Mais do que inovação, o FSD também representa um pilar financeiro estruturado na receita recorrente por assinaturas. Contudo, a Tesla lida com um dilema duplo: para cumprir as leis chinesas de privacidade, a empresa firmou parceria com a Baidu e criou um centro de dados local em Xangai. Na via oposta, os bloqueios impostos pelos Estados Unidos à exportação de chips avançados impedem a montagem de supercomputadores na China para processar todas essas informações.
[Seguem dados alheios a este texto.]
//! The code of messages under both plans.

use crate::interfaces::interface;
use crate::rows::{TextCase, all_hold};
use fl_base::MsgNo;
use fl_compile::{Program, compile};
use fl_stub::{Column, Op, VerifiedCode};
use fl_value_data::PlanNo;
use std::alloc::Global;
use std::test::Fail;

// An interface's text and how many messages it has, a plan, a message's number, and the message's two codes.
struct Codes {
    text: &'static [u8],
    messages: u16,
    plan: PlanNo,
    msg: MsgNo,
    send: &'static [Op],
    receive: &'static [Op],
}

const BETWEEN: &[u8] = b"interface i { message m(uint8 a, string s, uint16 b); }";

// The struct has 40 bytes, aligned to 8, of which 33 are its fields'.
const BLOCK: &[u8] = b"interface block {
    typedef uint8 uuid[16];
    typedef struct { uint32 block_size; uint64 blocks; uuid id; bool read_only; } geometry;
    message nop();
    message m(bool first, geometry shape, uint16 last);
}";

// An array of enums, a char, and two arguments of one alignment.
const MIXED: &[u8] = b"interface i {
    typedef enum { a, b } e;
    typedef e es[3];
    typedef int16 pair[2];
    message m(int8 a, es b, pair c, string d[5], uint32 f, char g);
}";

const DYNAMIC: &[u8] = b"interface i { message m(string s[3], uint8 b[n, 2], uint16 c); }";

const STRUCTS: &[u8] =
    b"interface i { typedef struct { uint8 a; uint64 b; } t; message m(t x[n, 7]); }";

// As deep as loops go: seven arrays in one another, many times.
const DEEP: &[u8] = b"interface i {
    typedef uint8 a1[2]; typedef a1 a2[2]; typedef a2 a3[2]; typedef a3 a4[2];
    typedef a4 a5[2]; typedef a5 a6[2]; typedef a6 a7[2];
    message m(a7 x[n, 4]);
}";

const CODES: &[Codes] = &[
    Codes {
        text: BETWEEN,
        messages: 1,
        plan: PlanNo::One,
        msg: MsgNo(0),
        send: &[
            Op::Emit(1),
            Op::Align,
            Op::Length(2_047),
            Op::Each,
            Op::Emit(1),
            Op::Back,
            Op::Align,
            Op::Emit(2),
            Op::End,
        ],
        receive: &[
            Op::Read(1),
            Op::Align,
            Op::ReadLength(2_047),
            Op::Each,
            Op::ReadText,
            Op::Back,
            Op::Align,
            Op::Read(2),
            Op::Done,
        ],
    },
    Codes {
        text: BETWEEN,
        messages: 1,
        plan: PlanNo::Two,
        msg: MsgNo(0),
        send: &[
            Op::Emit(2),
            Op::Emit(1),
            Op::Align,
            Op::Length(2_047),
            Op::Each,
            Op::Emit(1),
            Op::Back,
            Op::End,
        ],
        receive: &[
            Op::Read(2),
            Op::Read(1),
            Op::Align,
            Op::ReadLength(2_047),
            Op::Each,
            Op::ReadText,
            Op::Back,
            Op::Done,
        ],
    },
    Codes {
        text: BLOCK,
        messages: 2,
        plan: PlanNo::Two,
        msg: MsgNo(0),
        send: &[Op::End],
        receive: &[Op::Done],
    },
    Codes {
        text: BLOCK,
        messages: 2,
        plan: PlanNo::One,
        msg: MsgNo(1),
        send: &[
            Op::Emit(1),
            Op::Pad(7),
            Op::Emit(4),
            Op::Pad(4),
            Op::Emit(8),
            Op::Times(16),
            Op::Emit(1),
            Op::Back,
            Op::Emit(1),
            Op::Pad(7),
            Op::Emit(2),
            Op::End,
        ],
        receive: &[
            Op::ReadBool,
            Op::Skip(7),
            Op::Read(4),
            Op::Skip(4),
            Op::Read(8),
            Op::Times(16),
            Op::Read(1),
            Op::Back,
            Op::ReadBool,
            Op::Skip(7),
            Op::Read(2),
            Op::Done,
        ],
    },
    Codes {
        text: BLOCK,
        messages: 2,
        plan: PlanNo::Two,
        msg: MsgNo(1),
        send: &[
            Op::Emit(4),
            Op::Pad(4),
            Op::Emit(8),
            Op::Times(16),
            Op::Emit(1),
            Op::Back,
            Op::Emit(1),
            Op::Pad(7),
            Op::Emit(2),
            Op::Emit(1),
            Op::End,
        ],
        receive: &[
            Op::Read(4),
            Op::Skip(4),
            Op::Read(8),
            Op::Times(16),
            Op::Read(1),
            Op::Back,
            Op::ReadBool,
            Op::Skip(7),
            Op::Read(2),
            Op::ReadBool,
            Op::Done,
        ],
    },
    Codes {
        text: MIXED,
        messages: 1,
        plan: PlanNo::One,
        msg: MsgNo(0),
        send: &[
            Op::Emit(1),
            Op::Pad(3),
            Op::Times(3),
            Op::Emit(4),
            Op::Back,
            Op::Times(2),
            Op::Emit(2),
            Op::Back,
            Op::Align,
            Op::Length(5),
            Op::Each,
            Op::Emit(1),
            Op::Back,
            Op::Align,
            Op::Emit(4),
            Op::Emit(1),
            Op::End,
        ],
        receive: &[
            Op::Read(1),
            Op::Skip(3),
            Op::Times(3),
            Op::ReadEnum(2),
            Op::Back,
            Op::Times(2),
            Op::Read(2),
            Op::Back,
            Op::Align,
            Op::ReadLength(5),
            Op::Each,
            Op::ReadText,
            Op::Back,
            Op::Align,
            Op::Read(4),
            Op::ReadChar,
            Op::Done,
        ],
    },
    Codes {
        text: MIXED,
        messages: 1,
        plan: PlanNo::Two,
        msg: MsgNo(0),
        send: &[
            Op::Times(3),
            Op::Emit(4),
            Op::Back,
            Op::Emit(4),
            Op::Times(2),
            Op::Emit(2),
            Op::Back,
            Op::Emit(1),
            Op::Emit(1),
            Op::Align,
            Op::Length(5),
            Op::Each,
            Op::Emit(1),
            Op::Back,
            Op::End,
        ],
        receive: &[
            Op::Times(3),
            Op::ReadEnum(2),
            Op::Back,
            Op::Read(4),
            Op::Times(2),
            Op::Read(2),
            Op::Back,
            Op::Read(1),
            Op::ReadChar,
            Op::Align,
            Op::ReadLength(5),
            Op::Each,
            Op::ReadText,
            Op::Back,
            Op::Done,
        ],
    },
    Codes {
        text: DYNAMIC,
        messages: 1,
        plan: PlanNo::One,
        msg: MsgNo(0),
        send: &[
            Op::Align,
            Op::Length(3),
            Op::Each,
            Op::Emit(1),
            Op::Back,
            Op::Align,
            Op::Length(2),
            Op::Each,
            Op::Emit(1),
            Op::Back,
            Op::Align,
            Op::Emit(2),
            Op::End,
        ],
        receive: &[
            Op::Align,
            Op::ReadLength(3),
            Op::Each,
            Op::ReadText,
            Op::Back,
            Op::Align,
            Op::ReadLength(2),
            Op::Each,
            Op::Read(1),
            Op::Back,
            Op::Align,
            Op::Read(2),
            Op::Done,
        ],
    },
    Codes {
        text: STRUCTS,
        messages: 1,
        plan: PlanNo::One,
        msg: MsgNo(0),
        send: &[
            Op::Align,
            Op::Length(7),
            Op::Each,
            Op::Emit(1),
            Op::Pad(7),
            Op::Emit(8),
            Op::Back,
            Op::End,
        ],
        receive: &[
            Op::Align,
            Op::ReadLength(7),
            Op::Each,
            Op::Read(1),
            Op::Skip(7),
            Op::Read(8),
            Op::Back,
            Op::Done,
        ],
    },
    Codes {
        text: DEEP,
        messages: 1,
        plan: PlanNo::Two,
        msg: MsgNo(0),
        send: &[
            Op::Align,
            Op::Length(4),
            Op::Each,
            Op::Times(2),
            Op::Times(2),
            Op::Times(2),
            Op::Times(2),
            Op::Times(2),
            Op::Times(2),
            Op::Times(2),
            Op::Emit(1),
            Op::Back,
            Op::Back,
            Op::Back,
            Op::Back,
            Op::Back,
            Op::Back,
            Op::Back,
            Op::Back,
            Op::End,
        ],
        receive: &[
            Op::Align,
            Op::ReadLength(4),
            Op::Each,
            Op::Times(2),
            Op::Times(2),
            Op::Times(2),
            Op::Times(2),
            Op::Times(2),
            Op::Times(2),
            Op::Times(2),
            Op::Read(1),
            Op::Back,
            Op::Back,
            Op::Back,
            Op::Back,
            Op::Back,
            Op::Back,
            Op::Back,
            Op::Back,
            Op::Done,
        ],
    },
];

fn is_code(code: Option<&VerifiedCode>, column: Column, ops: &[Op]) -> bool {
    match code {
        Some(code) => code.column() == column && code.ops() == ops,
        None => false,
    }
}

// Whether a program has the row's plan, messages and codes, and no code past the last message.
fn is_of(program: &Program, row: &Codes) -> bool {
    let behind = MsgNo(row.messages);
    program.plan() == row.plan
        && program.interface().messages.len() == usize::from(row.messages)
        && is_code(program.send_code(row.msg), Column::Send, row.send)
        && is_code(program.receive_code(row.msg), Column::Receive, row.receive)
        && program.send_code(behind).is_none()
        && program.receive_code(behind).is_none()
}

impl TextCase for Codes {
    fn holds(&self, alloc: Global) -> Result<bool, Fail> {
        let interface = interface(alloc, self.text)?;
        let program = compile(alloc, &interface, self.plan)?;
        let again = program.duplicate(alloc)?;
        Ok(is_of(&program, self) && is_of(&again, self))
    }
}

#[test]
fn codes_of_messages_and_of_duplicates(rt: HostRuntime) -> Result<(), Fail> {
    all_hold(rt.alloc(), "rows", CODES)
}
Com o novo lançamento, a montadora tenta reverter um cenário comercial bastante adverso. Entre janeiro de 2025 e abril de 2026, a Tesla registrou queda nas vendas no mercado interno chinês em 12 dos 16 meses, consolidando um recuo de 15,05% no primeiro quadrimestre deste ano.
O desempenho no curto prazo ilustra o desafio: somente em abril, a retração nas vendas internas frente a março atingiu expressivos 53,74%, limitando-se a 25.956 veículos emplacados. O balanço da Gigafábrica de Xangai só não foi mais grave graças ao forte ritmo das exportações, que somaram 53.522 unidades no mês — o segundo maior volume de sua história —, o que garantiu um salto de 127% nas remessas ao exterior no quadrimestre.